Hypouricemic Effect of 2,5-Dihydroxyacetophenone, a Computational Screened Bioactive Compound from Ganoderma applanatum, on Hyperuricemic Mice
Searching novel hypouricemic agents of high efficacy and safety has attracted a great attention. Previously, we reported the hypouricemic effect of Ganoderma applanatum, but its bioactives, was not referred. Herein, we report the hypouricemic effect of 2,5-dihydroxyacetophenone (DHAP), a compound screened from Ganoderma applanatum computationally. Serum parameters, such as uric acid (SUA), xanthine oxidase (XOD) activity, blood urea nitrogen (BUN), and creatinine were recorded. Real-time reverse transcription PCR (RT-PCR) and Western blot were exploited to assay RNA and protein expressions of organic anion transporter 1 (OAT1), glucose transporter 9 (GLUT9), uric acid transporter 1 (URAT1), and gastrointestinal concentrative nucleoside transporter 2 (CNT2). DHAP at 20, 40, and 80 mg/kg exerted excellent hypouricemic action on hyperuricemic mice, reducing SUA from hyperuricemic control (407 ± 31 μmol/L, p < 0.01) to 180 ± 29, 144 ± 13, and 139 ± 31 μmol/L, respectively. In contrast to the renal toxic allopurinol, DHAP showed some kidney-protective effects. Moreover, its suppression on XOD activity, in vivo and in vitro, suggested that XOD inhibition may be a mechanism for its hypouricemic effect. Given this, its binding mode to XOD was explored by molecular docking and revealed that three hydrogen bonds may play key roles in its binding and orientation. It upregulated OAT1 and downregulated GLUT9, URAT1, and CNT2 too. In summary, its hypouricemic effect may be mediated by regulation of XOD, OAT1, GLUT9, URAT1, and CNT2.
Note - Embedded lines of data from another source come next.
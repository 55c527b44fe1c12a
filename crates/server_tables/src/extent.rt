ghost use Rattle.std.specs.Prelude.{◌≤◌, ◌-◌, ◌+◌, ◌≡◌, length, vec_len, vec_capacity, IsOk, IfOk, OnOk, OnErr};
ghost use Rattle.server_tables.specs.Places.{IsAppended};

use std::alloc::AllocError;

/// Where a piece lies among bytes: from `start`, up to and without `end`.
#[derive(Clone, Copy)]
pub struct Extent {
    pub start: usize,
    pub end: usize,
}

/// Adds a piece after the bytes, and tells its place.
pub fn append(bytes: &mut Vec<u8>, piece: &[u8]) -> Result<Extent, AllocError>
    ensures ok { IfOk result (IsAppended bytes.old.items bytes.new.items piece.now) }
    ensures err { OnErr result (bytes.new.items ≡ bytes.old.items) }
    ensures has_room { length piece.now ≤ vec_capacity bytes.old - vec_len bytes.old → IsOk result }
    ensures spent { OnOk result (vec_capacity bytes.old - vec_len bytes.old ≤ vec_capacity bytes.new - vec_len bytes.new + length piece.now) }
    ensures not_spent { OnErr result (vec_capacity bytes.old - vec_len bytes.old ≤ vec_capacity bytes.new - vec_len bytes.new) }
{
    let start = bytes.len();
    bytes.extend_from_slice(piece)?;
    let end = bytes.len();
    Ok(Extent { start, end })
}
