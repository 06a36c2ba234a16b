// The window and the samples out of bytes: floats as their bits, little-endian.
#![tactic(auto)]

ghost use Rattle.std.specs.Prelude.{◌≡◌, ◌+◌, ◌^◌, ◌<◌, ◌≤◌, leb, length};
ghost use Rattle.float.specs.Choice.{when◌then◌else◌};
ghost use Rattle.reading.specs.Samples.{float_at, point_at, window_at, window_of, floats_in, floats_from, floats_into};

use plane::{Interval, Point, Rect};

// The floats of the whole samples in s, from the place `from` of out on. Gives how many places are taken
// with those before, or 0 with out as it was where there is no room; no Option, since every caller has the
// room and takes so many places.
pub fn put_samples(s: &[u8], out: &mut [f64], from: usize) -> usize
    ensures count { result ≡ (when leb (from + floats_in s.now) (length out.old) then from + floats_in s.now else 0) }
    ensures floats { out.new ≡ (when leb (from + floats_in s.now) (length out.old) then floats_into out.old from (floats_from s.now 0 (floats_in s.now)) else out.old) }
    ensures within { result ≤ length out.new }
{
    let n = s.len() / 16 * 2;
    if out.len() < from || out.len() - from < n {
        return 0;
    }
    for i in 0..n {
        out[from + i] = float_at(s, 8 * i);
    }
    from + n
}

// The window that the bytes begin with.
pub fn window_of(s: &[u8]) -> Rect
    ensures { result ≡ window_of s.now }
{
    window_at(s, 0)
}

// The window at a place: the low corner, then the high one. With a place below 2^32 each that follows is one too.
pub fn window_at(s: &[u8], at: u32) -> Rect
    ensures { result ≡ window_at s.now at }
{
    let at = at as usize;
    Rect {
        x: Interval {
            lo: float_at(s, at),
            hi: float_at(s, at + 16),
        },
        y: Interval {
            lo: float_at(s, at + 8),
            hi: float_at(s, at + 24),
        },
    }
}

// The point at a place: x, then y.
pub fn point_at(s: &[u8], at: u32) -> Point
    ensures { result ≡ point_at s.now at }
{
    let at = at as usize;
    Point {
        x: float_at(s, at),
        y: float_at(s, at + 8),
    }
}

// The float at a place; 0 where its 8 bytes are not all there.
pub fn float_at(s: &[u8], at: usize) -> f64
    ensures { result ≡ float_at s.now at }
{
    float::from_bits(buffer::word_at(s, at))
}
In summary, we report the hypouricemic effect of DHAP, a constituent screened from G. applanatum in silico. Its hypouricemic effect was mediated by decreasing XOD activities, along with its upregulation of OAT1 and downregulation of GLUT9, URAT1, and CNT2. Also, it showed some anti-inflammatory actions and little toxicity. Due to its inhibition against XOD, we chose XOD as a target for molecular docking studies, and revealed that three hydrogen bonds may play key roles in its orientation and binding to XOD.